- [ACTION ITEM]: Find every line below with "primitive" in it and give only how many there are.
(TASK DATA begins)
//! What the builtins of numbers and of Math keep while they wait for a value (15.7, 15.8).
use jl_num::Num;
use jl_text::List;
use jl_value::Value;

/// What is given of one number (15.8.2).
#[derive(Clone, Copy)]
pub enum NumberFunction {
    /// Its size without its sign, by `Math.abs` (15.8.2.1).
    Absolute,
    /// A whole number near it, which is the number itself, by `Math.ceil`, `Math.floor` and `Math.round` (15.8.2.6,
    /// 15.8.2.9, 15.8.2.15).
    Whole,
}

/// Which of several numbers is given (15.8.2.11, 15.8.2.12).
#[derive(Clone, Copy)]
pub enum Extreme {
    /// The greatest, by `Math.max`.
    Greatest,
    /// The least, by `Math.min`.
    Least,
}

/// What a builtin of numbers or of Math has done so far.
#[derive(Drop)]
pub enum NumberProgress {
    /// `Number` waits for its argument as a primitive value (15.7.1.1, 15.7.2.1).
    Given {
        by_new: bool,
    },
    /// `Number.prototype.toString` waits for the radix as a primitive value (15.7.4.2).
    Radix {
        number: Num,
    },
    /// A function of one number waits for it as a primitive value (15.8.2).
    Argument {
        function: NumberFunction,
    },
    /// `Math.max` or `Math.min` waits for an argument as a primitive value: the number so far, if there is one, all
    /// arguments, and the index of the one after it (15.8.2.11, 15.8.2.12).
    Extreme {
        extreme: Extreme,
        so_far: Option<Num>,
        args: List<Value>,
        from: usize,
    },
    /// `Math.pow` waits for the base as a primitive value, and has the exponent still to convert (15.8.2.13).
    Base {
        exponent: Value,
    },
    /// It waits for the exponent as a primitive value.
    Exponent {
        base: Num,
    },
}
(TASK DATA ends)
- [SOLUTION TO THIS EXERCISE]: 6